Yes, swap partition would have been shared between two ubuntu (or other linux) installs. You can have only one booted at any time, so it takes the swap.

Also, ubuntu doesn't need primary partition, only windows. Windows doesn't need it also if you can manage to put the boot files on primary partition, but lets not get into that.

So, one example how you could have done this:

/dev/sda1 XP
/dev/sda2 XP
/dev/sda3 extended
/dev/sda5 studio
/dev/sda6 ubuntu
/dev/sda7 swap

If you are using grub2 on the MBR, the above should work fine. If you plan chainloading from EasyBCD and having grub2 on the root partition, I'm not sure you can do that if the root partition is logical.

Also, when installing studio and ubuntu, you need only one grub2 so you can plan which to install first and during the second install select not to install a bootloader by hitting the Advanced button in the last screen of the installer.

And moving the boot flag to make windows put the boot files for each XP on its own partition was a great move. :)

rockette morton
May 22nd, 2010, 07:08 PM
many, many thanks.

oldfred - thanks for your insight once again! i'm just confused now about GPT. am i using GPT?

darkod - many thanks also. i think i will follow your example pretty much to the t. if i just blow away my current sda3 and sda4 and start from there - that shouldn't cause any problems (with the other existing xp partitions) - should it? i will agree, moving the boot flag when installing xp was a great move, and one i give credit entirely to oldfred, from an older post.

darkod
May 22nd, 2010, 07:25 PM
many, many thanks.

oldfred - thanks for your insight once again! i'm just confused now about GPT. am i using GPT?

darkod - many thanks also. i think i will follow your example pretty much to the t. if i just blow away my current sda3 and sda4 and start from there - that shouldn't cause any problems (with the other existing xp partitions) - should it? i will agree, moving the boot flag when installing xp was a great move, and one i give credit entirely to oldfred, from an older post.

Be careful when deleting linux from a computer. If you are using grub2, and you are, it won't be able to boot once the ubuntu partition(s) are deleted.

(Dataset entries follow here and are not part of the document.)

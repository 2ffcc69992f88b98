//! Payloads sent, written, and sent again.

ghost use Rattle.std.specs.Prelude.{◌≡◌, ◌≤◌, [], ◌∷◌, false, IfOk, IfErr, OnErr, Err, map, Some, None};
ghost use Rattle.h26x_core.specs.ByteStream.{annex_b};
ghost use Rattle.h26x_model.specs.Receive.Received.{received};
ghost use Rattle.h26x_model.specs.Send.PacketizerState.{calls_packets};
ghost use Rattle.h26x_packetizer.specs.Sending.{contents};
ghost use Rattle.h26x_codec.specs.Codec.{codec_format, fresh_depacketizer_state, zero_rule};
ghost use Rattle.h26x_transmission.specs.CodecStates.{codec_packetizer_state, codec_depacketizer_state, OfPacketizer, OfDepacketizer, OfBoth};
ghost use Rattle.h26x_transmission.specs.Transmissions.{IsFresh};
ghost use Rattle.h26x_transmission.specs.Repeating.{starting_packetizer, repeated_calls, calls_at, packets_at, MayBeRepeated, IsTextOf, IsRefusal, received_text, repeated_packets};

use crate::carried::Packets;
use crate::depacketizer::CodecDepacketizer;
use crate::laws::{depacketizer_states, packetizer_states};
use crate::packetizer::CodecPacketizer;
use crate::transmissions::deliver;
use h26x_codec::Codec;
use h26x_core::{CodecExtra, PacketError, Packetizer};
use h26x_model::laws;
use h264_payload::{H264Depacketizer, H264Packetizer};
use h265_payload::{H265Depacketizer, H265Packetizer};
use h266_payload::{H266Depacketizer, H266Packetizer};
use std::alloc::Global;

/// A packetizer of a codec with this setting for numbers and this largest packet size.
fn packetizer_with(alloc: Global, codec: Codec, donl: bool, max_packet_size: u16) -> CodecPacketizer
    requires { 4 ≤ max_packet_size }
    ensures { codec_packetizer_state result ≡ Some (starting_packetizer codec donl
        max_packet_size) }
{
    match codec {
        Codec::H264 => CodecPacketizer::H264(H264Packetizer::new(alloc)),
        Codec::H265 => {
            let mut it = H265Packetizer::new(alloc);
            it.with_donl(donl);
            it.with_max_packet_size(max_packet_size);
            CodecPacketizer::H265(it)
        }
        Codec::H266 => {
            let mut it = H266Packetizer::new(alloc);
            it.with_donl(donl);
            it.with_max_packet_size(max_packet_size);
            CodecPacketizer::H266(it)
        }
    }
}

/// A depacketizer of a codec with this setting for numbers.
fn depacketizer_with(alloc: Global, codec: Codec, donl: bool) -> CodecDepacketizer
    ensures { codec_depacketizer_state result ≡ Some
        (fresh_depacketizer_state (codec_format codec donl)) }
{
    match codec {
        Codec::H264 => CodecDepacketizer::H264(H264Depacketizer::new(alloc)),
        Codec::H265 => {
            let mut it = H265Depacketizer::new(alloc);
            it.with_donl(donl);
            CodecDepacketizer::H265(it)
        }
        Codec::H266 => {
            let mut it = H266Depacketizer::new(alloc);
            it.with_donl(donl);
            CodecDepacketizer::H266(it)
        }
    }
}

/// The packets of payloads at one limit, one payload after the other.
fn packetize_all(
    alloc: Global,
    p: &mut CodecPacketizer,
    limit: usize,
    payloads: &[Vec<u8>],
) -> Result<Vec<Vec<u8>>, PacketError>
    ensures sent { OfPacketizer p.old
        (λ s. IfOk result (λ made.
        contents made.items ≡ calls_packets s (calls_at s limit (contents payloads.now)))) }
    ensures memory { OfPacketizer p.old (λ s. OnErr result (result ≡ Err PacketError.OutOfMemory)) }
{
    packetizer_states(p);
    laws::packetizers_go_on();
    let mut packets = Vec::new(alloc);
    for payload in payloads {
        let mut made = p.packetize(limit, payload)?;
        packets.append(&mut made)?;
    }
    Ok(packets)
}

/// What was sent, written, and sent again.
#[derive(Debug, Drop)]
pub struct Repeated {
    /// The packets of all payloads.
    pub first: Packets,
    /// What a depacketizer writes for them, in Annex B.
    pub written: Vec<u8>,
    /// The packets of that as one payload.
    pub second: Packets,
}

/// Sends payloads by `p`, writes their packets by `d`, and sends what was written by `q`.
fn again_with(
    alloc: Global,
    p: &mut CodecPacketizer,
    d: &mut CodecDepacketizer,
    q: &mut CodecPacketizer,
    limit: usize,
    payloads: &[Vec<u8>],
) -> Result<Repeated, PacketError>
    ensures first { OfPacketizer p.old
        (λ s. IsFresh s →
        IfOk result (λ it. it.first ≡ packets_at s limit (contents payloads.now))) }
    ensures written { OfDepacketizer d.old
        (λ r. r.run ≡ None → IfOk result (λ it. it.written.items ≡ received_text r it.first)) }
    ensures second { OfPacketizer q.old
        (λ t. IsFresh t →
        IfOk result (λ it. it.second ≡ packets_at t limit (it.written.items ∷ []))) }
    ensures carried { OfBoth p.old d.old
        (λ s r. IsFresh s → r.format ≡ s.format →
        IsTextOf s.format r.is_avc (calls_at s limit (contents payloads.now)) result) }
    ensures refused { OfBoth p.old d.old
        (λ s r. OfPacketizer q.old (λ t. IsFresh s → r.is_avc ≡ false →
        IfErr result (λ e. IsRefusal r.format (packets_at s limit (contents payloads.now)) e))) }
{
    packetizer_states(p);
    depacketizer_states(d);
    laws::depacketizers_go_on();
    laws::what_calls_send_is_carried();
    laws::plans_unit_by_unit();
    let first = packetize_all(alloc, p, limit, payloads)?;
    let mut written = Vec::new(alloc);
    let mut extra = CodecExtra::None;
    deliver(d, &first, &mut written, &mut extra)?;
    let second = q.packetize(limit, &written)?;
    Ok(Repeated {
        first: Packets::from_vec(first),
        written,
        second: Packets::from_vec(second),
    })
}

/// Sends payloads at one limit in bytes, one call each, writes their packets in Annex B, and sends
/// what was written as one payload at the same limit. Packetizers and depacketizer are fresh ones of
/// `codec`.
///
/// `donl` sets all three up for decoding order numbers, and `max_packet_size`, 4 or more, is the
/// largest packet size of both packetizers; H.264 has neither. The error is `OutOfMemory`, or the
/// refusal of the first packet of `first` that a depacketizer refuses. Where packets can carry each
/// unit sent, none is dropped for its size and, for H.264 and H.265, none but the last ends in a zero
/// byte, `second` is `first`.
///
/// ```rust
/// let repeated = again(alloc, Codec::H264, false, 1200, 1200, &frames)?;
/// ```
pub fn again(
    alloc: Global,
    codec: Codec,
    donl: bool,
    max_packet_size: u16,
    limit: usize,
    payloads: &[Vec<u8>],
) -> Result<Repeated, PacketError>
    requires { 4 ≤ max_packet_size }
    ensures first { IfOk result (λ it. it.first ≡ repeated_packets codec donl
        max_packet_size limit (contents payloads.now)) }
    ensures written { IfOk result (λ it. it.written.items
        ≡ annex_b (received (map (codec_format codec donl).read it.first))) }
    ensures second { IfOk result (λ it. it.second ≡ repeated_packets codec donl
        max_packet_size limit (it.written.items ∷ [])) }
    ensures same { MayBeRepeated (codec_format codec donl) (zero_rule codec)
        (repeated_calls codec max_packet_size limit (contents payloads.now)) →
        IfOk result (λ it. it.second ≡ it.first) }
    ensures refused { IfErr result (λ error. IsRefusal (codec_format codec donl)
        (repeated_packets codec donl max_packet_size limit (contents payloads.now)) error) }
{
    h26x_payload::laws::sent_again();
    let mut p = packetizer_with(alloc, codec, donl, max_packet_size);
    let mut d = depacketizer_with(alloc, codec, donl);
    let mut q = packetizer_with(alloc, codec, donl, max_packet_size);
    again_with(alloc, &mut p, &mut d, &mut q, limit, payloads)
}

However, if you do it all in one step, it shouldn't be a problem. Boot into live mode, delete the partitions with Gparted, click the Install icon on the desktop of live mode, and install for example ubuntu desktop. Let it install grub2 to the MBR.

It should work out fine. Boot all three systems to check.

After you're happy, just add studio without installing grub2. Boot ubuntu and do update-grub.

oldfred
May 22nd, 2010, 09:05 PM
Sorry did not mean to confuse you with GPT. It was just your comment about wanting primary partitions and that will be the new standard. Except for those that still run XP will still need a MBR partition hard drive.

They just announced a 3TB drive and part of the concern is that it will have to be GPT and few understand it. So someone will try to install XP and when it does not work blame the new drive.

Partition planning is very important, and each user has different needs. Even over time I have found I want different layouts but usually by then I have a new drive, so it becomes easier to reorganize & houseclean.

rockette morton
May 22nd, 2010, 10:09 PM
oldfred - thanks for the info!

darkod - pleased to say i am now up and running, can boot neatly from all partitions from the grub menu, no errors or problems.

thank you both for your help throughout, when many people would have just said, why bother? hope you both have a pleasant evening!